Every line from the beginning of the data through the line containing "pub use home::FilterHome;" should be reproduced exactly, and no further lines should be output.

** Opening Stored data block **

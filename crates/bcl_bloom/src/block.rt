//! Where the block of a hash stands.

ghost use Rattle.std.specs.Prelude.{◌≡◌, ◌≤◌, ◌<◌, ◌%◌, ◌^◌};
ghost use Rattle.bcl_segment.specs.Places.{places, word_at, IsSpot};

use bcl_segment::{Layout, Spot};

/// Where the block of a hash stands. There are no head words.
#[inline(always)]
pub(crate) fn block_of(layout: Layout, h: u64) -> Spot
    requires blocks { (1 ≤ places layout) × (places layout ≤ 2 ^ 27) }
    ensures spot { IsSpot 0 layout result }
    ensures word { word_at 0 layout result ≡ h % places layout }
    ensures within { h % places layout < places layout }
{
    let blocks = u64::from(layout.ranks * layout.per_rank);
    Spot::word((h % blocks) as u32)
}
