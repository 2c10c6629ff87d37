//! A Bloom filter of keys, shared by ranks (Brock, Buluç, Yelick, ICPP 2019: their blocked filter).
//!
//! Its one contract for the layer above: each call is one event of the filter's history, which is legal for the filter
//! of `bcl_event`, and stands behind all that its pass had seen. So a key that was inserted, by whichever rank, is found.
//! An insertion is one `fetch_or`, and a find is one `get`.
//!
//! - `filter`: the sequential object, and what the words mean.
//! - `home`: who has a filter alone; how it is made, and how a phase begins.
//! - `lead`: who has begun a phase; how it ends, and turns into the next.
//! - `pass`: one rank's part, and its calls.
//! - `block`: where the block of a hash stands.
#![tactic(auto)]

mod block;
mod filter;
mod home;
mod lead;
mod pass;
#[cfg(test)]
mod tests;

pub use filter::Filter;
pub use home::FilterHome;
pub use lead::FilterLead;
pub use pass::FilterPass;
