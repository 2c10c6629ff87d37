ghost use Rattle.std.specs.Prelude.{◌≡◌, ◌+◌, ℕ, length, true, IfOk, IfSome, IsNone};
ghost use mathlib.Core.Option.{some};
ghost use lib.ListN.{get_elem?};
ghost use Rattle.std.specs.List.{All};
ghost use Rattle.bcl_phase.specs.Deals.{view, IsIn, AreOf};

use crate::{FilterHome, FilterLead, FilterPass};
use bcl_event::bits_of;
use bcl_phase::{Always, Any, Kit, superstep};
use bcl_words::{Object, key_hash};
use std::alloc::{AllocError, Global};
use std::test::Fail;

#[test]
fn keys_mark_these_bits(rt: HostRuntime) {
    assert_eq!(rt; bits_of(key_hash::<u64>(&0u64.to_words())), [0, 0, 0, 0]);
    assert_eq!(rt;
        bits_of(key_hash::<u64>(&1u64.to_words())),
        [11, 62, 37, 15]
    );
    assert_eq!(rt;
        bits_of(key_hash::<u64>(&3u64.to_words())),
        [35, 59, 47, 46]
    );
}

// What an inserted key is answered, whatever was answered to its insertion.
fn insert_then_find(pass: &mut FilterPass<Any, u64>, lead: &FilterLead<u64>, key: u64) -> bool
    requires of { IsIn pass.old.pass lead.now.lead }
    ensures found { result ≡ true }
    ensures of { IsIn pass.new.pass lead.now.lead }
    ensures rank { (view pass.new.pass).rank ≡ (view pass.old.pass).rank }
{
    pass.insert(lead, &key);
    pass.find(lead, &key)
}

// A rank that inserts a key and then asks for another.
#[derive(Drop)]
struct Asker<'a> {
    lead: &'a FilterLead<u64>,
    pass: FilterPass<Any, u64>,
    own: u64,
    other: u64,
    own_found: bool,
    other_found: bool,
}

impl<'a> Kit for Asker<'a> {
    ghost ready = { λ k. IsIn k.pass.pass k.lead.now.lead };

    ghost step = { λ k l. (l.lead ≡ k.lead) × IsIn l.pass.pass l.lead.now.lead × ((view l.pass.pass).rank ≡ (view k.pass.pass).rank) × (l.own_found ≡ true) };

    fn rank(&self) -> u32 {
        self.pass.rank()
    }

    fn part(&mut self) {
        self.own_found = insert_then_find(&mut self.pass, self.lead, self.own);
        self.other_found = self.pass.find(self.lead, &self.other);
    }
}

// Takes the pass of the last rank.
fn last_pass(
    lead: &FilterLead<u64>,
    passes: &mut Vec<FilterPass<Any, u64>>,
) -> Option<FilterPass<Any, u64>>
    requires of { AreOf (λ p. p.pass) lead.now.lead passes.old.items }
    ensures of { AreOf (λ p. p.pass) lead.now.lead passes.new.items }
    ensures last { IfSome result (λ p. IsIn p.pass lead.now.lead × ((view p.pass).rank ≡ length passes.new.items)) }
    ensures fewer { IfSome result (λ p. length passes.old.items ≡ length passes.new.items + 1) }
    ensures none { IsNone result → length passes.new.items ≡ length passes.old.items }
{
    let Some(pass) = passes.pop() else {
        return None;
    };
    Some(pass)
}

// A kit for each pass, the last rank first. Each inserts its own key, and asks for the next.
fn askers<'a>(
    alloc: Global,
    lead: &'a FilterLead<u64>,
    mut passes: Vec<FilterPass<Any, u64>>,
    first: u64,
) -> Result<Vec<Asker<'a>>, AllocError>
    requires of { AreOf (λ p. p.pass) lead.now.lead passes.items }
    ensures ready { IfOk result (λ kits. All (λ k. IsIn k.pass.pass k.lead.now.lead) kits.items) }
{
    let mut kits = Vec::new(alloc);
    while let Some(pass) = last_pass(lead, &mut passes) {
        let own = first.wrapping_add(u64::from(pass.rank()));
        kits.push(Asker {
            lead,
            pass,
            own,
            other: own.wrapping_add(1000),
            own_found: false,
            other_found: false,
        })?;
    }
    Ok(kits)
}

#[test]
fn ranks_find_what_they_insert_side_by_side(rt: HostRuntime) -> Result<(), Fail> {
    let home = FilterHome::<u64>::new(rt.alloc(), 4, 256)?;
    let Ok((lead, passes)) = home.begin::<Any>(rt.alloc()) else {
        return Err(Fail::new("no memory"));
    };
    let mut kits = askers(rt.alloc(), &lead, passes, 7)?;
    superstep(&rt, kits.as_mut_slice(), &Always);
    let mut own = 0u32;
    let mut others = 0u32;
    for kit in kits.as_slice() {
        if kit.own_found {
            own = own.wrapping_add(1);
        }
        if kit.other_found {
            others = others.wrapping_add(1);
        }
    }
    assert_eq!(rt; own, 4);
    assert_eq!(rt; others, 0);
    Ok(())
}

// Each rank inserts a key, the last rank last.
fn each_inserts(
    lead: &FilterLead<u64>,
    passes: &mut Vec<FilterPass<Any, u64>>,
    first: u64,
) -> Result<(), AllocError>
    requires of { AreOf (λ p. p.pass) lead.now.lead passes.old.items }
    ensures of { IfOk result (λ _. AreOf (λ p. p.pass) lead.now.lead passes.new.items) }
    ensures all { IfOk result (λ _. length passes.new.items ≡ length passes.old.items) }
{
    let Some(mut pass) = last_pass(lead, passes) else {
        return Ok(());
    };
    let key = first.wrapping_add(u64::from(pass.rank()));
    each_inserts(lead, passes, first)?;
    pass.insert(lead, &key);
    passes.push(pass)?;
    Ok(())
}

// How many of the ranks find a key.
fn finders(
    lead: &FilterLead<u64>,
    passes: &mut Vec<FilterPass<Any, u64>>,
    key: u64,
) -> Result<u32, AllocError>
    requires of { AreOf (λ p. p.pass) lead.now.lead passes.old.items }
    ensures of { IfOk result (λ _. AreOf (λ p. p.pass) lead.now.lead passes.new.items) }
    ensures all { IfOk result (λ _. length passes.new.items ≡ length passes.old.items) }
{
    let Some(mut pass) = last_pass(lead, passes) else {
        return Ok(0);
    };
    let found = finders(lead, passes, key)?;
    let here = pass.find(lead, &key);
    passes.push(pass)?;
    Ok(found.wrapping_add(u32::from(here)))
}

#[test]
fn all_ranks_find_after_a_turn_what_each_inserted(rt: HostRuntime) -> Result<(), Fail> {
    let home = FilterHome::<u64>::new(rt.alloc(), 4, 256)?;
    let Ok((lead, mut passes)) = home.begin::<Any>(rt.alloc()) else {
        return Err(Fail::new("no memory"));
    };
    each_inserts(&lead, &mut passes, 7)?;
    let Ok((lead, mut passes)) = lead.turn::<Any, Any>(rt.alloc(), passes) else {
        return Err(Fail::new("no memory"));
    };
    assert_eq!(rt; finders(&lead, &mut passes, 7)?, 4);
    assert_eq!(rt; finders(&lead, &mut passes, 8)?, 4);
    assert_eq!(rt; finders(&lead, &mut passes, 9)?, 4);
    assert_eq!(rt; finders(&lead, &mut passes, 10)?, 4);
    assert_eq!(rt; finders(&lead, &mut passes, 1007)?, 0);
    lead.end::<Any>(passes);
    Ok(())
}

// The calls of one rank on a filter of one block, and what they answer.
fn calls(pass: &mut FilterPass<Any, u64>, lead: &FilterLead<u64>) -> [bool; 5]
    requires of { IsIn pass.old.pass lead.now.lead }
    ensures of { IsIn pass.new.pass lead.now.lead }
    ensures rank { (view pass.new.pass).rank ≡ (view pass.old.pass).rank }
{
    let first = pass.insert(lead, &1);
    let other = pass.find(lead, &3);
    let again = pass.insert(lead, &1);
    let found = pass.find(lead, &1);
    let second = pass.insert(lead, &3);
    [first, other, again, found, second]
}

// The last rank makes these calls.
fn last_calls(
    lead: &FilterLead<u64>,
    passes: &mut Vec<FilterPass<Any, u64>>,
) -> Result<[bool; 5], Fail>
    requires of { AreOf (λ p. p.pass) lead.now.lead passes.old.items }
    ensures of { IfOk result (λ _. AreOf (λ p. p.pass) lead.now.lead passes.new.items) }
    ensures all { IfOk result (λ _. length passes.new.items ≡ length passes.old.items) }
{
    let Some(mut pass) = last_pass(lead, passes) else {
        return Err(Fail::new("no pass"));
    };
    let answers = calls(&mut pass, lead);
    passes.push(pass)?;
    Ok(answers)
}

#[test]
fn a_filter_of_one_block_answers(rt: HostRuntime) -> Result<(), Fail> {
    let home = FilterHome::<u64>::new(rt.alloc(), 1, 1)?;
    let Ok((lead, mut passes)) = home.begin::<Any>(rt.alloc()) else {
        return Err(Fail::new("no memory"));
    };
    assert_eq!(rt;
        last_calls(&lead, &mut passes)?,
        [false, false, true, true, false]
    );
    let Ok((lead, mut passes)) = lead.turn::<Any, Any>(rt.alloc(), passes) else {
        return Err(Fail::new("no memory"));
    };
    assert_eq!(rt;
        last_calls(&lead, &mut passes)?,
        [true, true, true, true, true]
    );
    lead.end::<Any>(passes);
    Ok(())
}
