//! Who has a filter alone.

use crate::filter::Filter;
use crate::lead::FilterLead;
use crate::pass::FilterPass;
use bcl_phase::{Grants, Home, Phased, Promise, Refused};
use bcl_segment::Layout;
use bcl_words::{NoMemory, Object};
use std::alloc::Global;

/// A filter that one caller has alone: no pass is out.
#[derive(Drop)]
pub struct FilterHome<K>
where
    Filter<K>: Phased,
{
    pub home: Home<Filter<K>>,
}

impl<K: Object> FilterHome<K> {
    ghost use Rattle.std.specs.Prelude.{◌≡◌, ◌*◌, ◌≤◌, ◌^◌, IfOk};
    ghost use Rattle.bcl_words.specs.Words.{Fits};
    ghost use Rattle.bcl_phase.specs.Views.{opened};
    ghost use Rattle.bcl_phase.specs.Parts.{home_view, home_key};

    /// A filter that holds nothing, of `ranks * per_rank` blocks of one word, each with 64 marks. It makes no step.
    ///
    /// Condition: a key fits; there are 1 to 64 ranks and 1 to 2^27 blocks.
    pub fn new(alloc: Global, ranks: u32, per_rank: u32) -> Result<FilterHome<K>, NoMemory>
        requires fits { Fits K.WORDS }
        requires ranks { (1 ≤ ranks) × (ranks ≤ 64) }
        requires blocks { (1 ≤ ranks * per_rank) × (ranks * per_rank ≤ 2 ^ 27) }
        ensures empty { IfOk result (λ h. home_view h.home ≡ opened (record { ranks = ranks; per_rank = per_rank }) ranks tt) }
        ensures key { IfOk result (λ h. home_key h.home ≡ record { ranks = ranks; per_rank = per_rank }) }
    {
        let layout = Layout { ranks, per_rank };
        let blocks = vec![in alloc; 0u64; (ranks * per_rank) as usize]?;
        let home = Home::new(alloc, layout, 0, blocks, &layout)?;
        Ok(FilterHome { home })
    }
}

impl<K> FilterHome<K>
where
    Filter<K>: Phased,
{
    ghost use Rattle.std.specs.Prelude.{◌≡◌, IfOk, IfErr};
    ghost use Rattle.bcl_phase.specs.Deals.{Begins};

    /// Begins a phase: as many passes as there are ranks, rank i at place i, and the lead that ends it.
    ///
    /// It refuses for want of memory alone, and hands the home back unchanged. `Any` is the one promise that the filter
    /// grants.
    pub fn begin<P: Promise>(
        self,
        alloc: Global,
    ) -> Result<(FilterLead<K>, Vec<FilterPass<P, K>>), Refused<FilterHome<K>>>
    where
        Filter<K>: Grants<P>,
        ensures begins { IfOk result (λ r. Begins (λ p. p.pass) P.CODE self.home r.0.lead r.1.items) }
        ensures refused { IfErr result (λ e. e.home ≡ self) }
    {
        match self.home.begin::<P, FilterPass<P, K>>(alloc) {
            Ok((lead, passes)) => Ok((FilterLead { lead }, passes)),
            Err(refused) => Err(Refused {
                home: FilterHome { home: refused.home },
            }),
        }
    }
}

** Closing Stored data block **

* _Solved exercise_
filename crates/bcl_bloom/src/block.rt
//! Where the block of a hash stands.

ghost use Rattle.std.specs.Prelude.{◌≡◌, ◌≤◌, ◌<◌, ◌%◌, ◌^◌};
ghost use Rattle.bcl_segment.specs.Places.{places, word_at, IsSpot};

use bcl_segment::{Layout, Spot};

/// Where the block of a hash stands. There are no head words.
#[inline(always)]
pub(crate) fn block_of(layout: Layout, h: u64) -> Spot
    requires blocks { (1 ≤ places layout) × (places layout ≤ 2 ^ 27) }
    ensures spot { IsSpot 0 layout result }
    ensures word { word_at 0 layout result ≡ h % places layout }
    ensures within { h % places layout < places layout }
{
    let blocks = u64::from(layout.ranks * layout.per_rank);
    Spot::word((h % blocks) as u32)
}
repository 2c10c6629ff87d37
//! A Bloom filter of keys, shared by ranks (Brock, Buluç, Yelick, ICPP 2019: their blocked filter).
//!
//! Its one contract for the layer above: each call is one event of the filter's history, which is legal for the filter
//! of `bcl_event`, and stands behind all that its pass had seen. So a key that was inserted, by whichever rank, is found.
//! An insertion is one `fetch_or`, and a find is one `get`.
//!
//! - `filter`: the sequential object, and what the words mean.
//! - `home`: who has a filter alone; how it is made, and how a phase begins.
//! - `lead`: who has begun a phase; how it ends, and turns into the next.
//! - `pass`: one rank's part, and its calls.
//! - `block`: where the block of a hash stands.
#![tactic(auto)]

mod block;
mod filter;
mod home;
mod lead;
mod pass;
#[cfg(test)]
mod tests;

pub use filter::Filter;
pub use home::FilterHome;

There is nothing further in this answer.